His style tended toward a blend of realism and fantasy, and he was known for his recurring stylised imagery of the buffalo. In 1970, he was commissioned to produce 300 works for the Hilton Hotel in Singapore.

Artistic Beginnings
Tay's talent for drawing was discovered by his father's friend, who subsequently enrolled him in the Nanyang Academy of Fine Arts in 1957. His teacher, the late Cheong Soo Pieng, taught him to appreciate existing works of art in new ways and to challenge conventional art forms.

Having a rebellious streak, Tay soon became dissatisfied with the structural rigidity and formal instructional methods of the school. Not surprisingly, he spent much of the duration of his three-year course earning a living selling crabs at a market stall while experimenting with oils and watercolours at the same time. He was convinced that his lifelong career would involve the arts, specifically as an artist, but he was also aware that he would develop as an artist only if he had a distinctive style.

Stylistic Conventions
Although Tay's art was seldom described as radical, it was not conformist either. He eschewed blind deference to Western art forms and theories. His regular buyers have claimed that they can recognise his artwork from a distance.

His distinctive style was largely attributable to his dexterity in merging fantasy with realism. For example, when depicting urban landscapes, he tended to disrupt the realistic mise-en-scène with fantasy and fairytale-like interjections that emphasised the crisscrossing of urban lines and subtle nuances of urban lifestyle. While he placed emphasis on the observable reality, he engaged in a process of elimination and distortion in order to reduce complex forms to their basic shapes. The result was a keen appreciation and presentation of the two-dimensional aspect of painted surfaces.

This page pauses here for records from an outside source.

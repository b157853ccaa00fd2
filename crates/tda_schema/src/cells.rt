// Which cells of a schema are possible.
ghost use Rattle.std.specs.Prelude.{◌≡◌, ◌==◌, ◌<◌, ◌≤◌, ◌&&◌, All, false, not, length, map, slice_index, slice_index_or, IfOk, OnOk};
ghost use Rattle.std.specs.List.{list_any, range_with_len};
ghost use Rattle.tda_model.specs.Cells.{cell_count, value_at, is_listed, is_possible, all_cells};
ghost use Rattle.tda_schema.specs.Columns.{columns_of};
ghost use Rattle.tda_schema.specs.Readers.{values_of};
ghost use Rattle.tda_schema.specs.Stated.{IsListedOf, IsLookedUp};

use crate::columns::Columns;
use crate::stated::{Listed, Stated};
use std::alloc::Global;
use tda_io::NoMemory;

// For each value below a count whether it is among these.
fn value_marks(alloc: Global, count: usize, values: &[u16]) -> Result<Vec<bool>, NoMemory>
    requires { All (λ v. v < count) values.now }
    ensures { IfOk result (λ marks. marks.items ≡ map (λ v. list_any (λ w. w == v) values.now) (range_with_len 0 count)) }
{
    let mut marks = vec![in alloc; false; count]?;
    for value in values {
        marks[usize::from(*value)] = true;
    }
    Ok(marks)
}

// Leaves out of some cells those whose value isn't marked.
fn keep_marked(cells: &mut [bool], column: &[u16], marks: &[bool])
    requires one_each { length column.now ≡ length cells.old }
    requires values { All (λ v. v < length marks.now) column.now }
    ensures { cells.new ≡ map (λ i. slice_index_or cells.old i false && slice_index_or marks.now (slice_index column.now i) false) (range_with_len 0 (length cells.old)) }
{
    for (cell, value) in column.iter().enumerate() {
        if !marks[usize::from(*value)] {
            cells[cell] = false;
        }
    }
}

// Leaves out of some cells those that are in others.
fn leave_out(cells: &mut [bool], others: &[bool])
    requires { length others.now ≡ length cells.old }
    ensures { cells.new ≡ map (λ i. slice_index_or cells.old i false && not (slice_index_or others.now i false)) (range_with_len 0 (length cells.old)) }
{
    for (cell, other) in others.iter().enumerate() {
        if *other {
            cells[cell] = false;
        }
    }
}

// How many values an attribute has.
pub(crate) fn count_values(stated: &Stated, attribute: usize) -> usize
    requires { attribute < length stated.now.attributes }
    ensures { result ≡ length (values_of stated.now attribute) }
{
    stated.attributes[attribute].values.len()
}

// Leaves out of some cells those that don't have a listed value.
fn keep_listed(
    alloc: Global,
    stated: &Stated,
    columns: &Columns,
    listed: &Listed,
    cells: &mut [bool],
) -> Result<(), NoMemory>
    requires looked_up { IsLookedUp stated.now }
    requires columns { columns.now ≡ columns_of stated.now.attributes }
    requires listed { IsListedOf stated.now listed.now }
    requires cells { length cells.old ≡ cell_count stated.now }
    ensures { OnOk result (cells.new ≡ map (λ i. slice_index_or cells.old i false && list_any (λ v. v == value_at stated.now i listed.now.attribute) listed.now.values) (all_cells stated.now)) }
{
    let count = count_values(stated, listed.attribute);
    let marks = value_marks(alloc, count, &listed.values)?;
    keep_marked(cells, columns.of(listed.attribute), &marks);
    Ok(())
}

// The cells that a zero row matches: at each of its keys they have a listed value.
fn matched_cells(
    alloc: Global,
    stated: &Stated,
    columns: &Columns,
    row: &[Listed],
) -> Result<Vec<bool>, NoMemory>
    requires looked_up { IsLookedUp stated.now }
    requires columns { columns.now ≡ columns_of stated.now.attributes }
    requires row { All (IsListedOf stated.now) row.now }
    ensures { IfOk result (λ v. v.items ≡ map (is_listed stated.now row.now) (all_cells stated.now)) }
{
    let mut matched = vec![in alloc; true; columns.of(0).len()]?;
    for listed in row {
        keep_listed(alloc, stated, columns, listed, &mut matched)?;
    }
    Ok(matched)
}

/// For each cell whether it is possible: no zero row matches it.
pub(crate) fn possible_cells(
    alloc: Global,
    stated: &Stated,
    columns: &Columns,
) -> Result<Vec<bool>, NoMemory>
    requires looked_up { IsLookedUp stated.now }
    requires columns { columns.now ≡ columns_of stated.now.attributes }
    ensures { IfOk result (λ v. v.items ≡ map (is_possible stated.now) (all_cells stated.now)) }
{
    let mut possible = vec![in alloc; true; columns.of(0).len()]?;
    for row in &stated.zeros {
        let matched = matched_cells(alloc, stated, columns, row)?;
        leave_out(&mut possible, &matched);
    }
    Ok(possible)
}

He also displayed a deep appreciation of colours and attention to rich textural surfaces, decorative details and acute linework. He used colours sparingly in some of his works, playing on the resonances and complexities of the main cool hues like blues and greens and punctuating them with spots of bright colours. In others, he allowed his colours to emerge in a riotous burst of vivid reds, yellows and blues. In his representations of the Singapore River, he chose to focus on muted tones of greys and browns.

A recurring motif in Tay's works was that of the stylised buffalo, represented by a basic cut-out shape of a massive humped body supported by a pair of inverted V-shaped legs and a small head adorned with two elegantly-curved horns.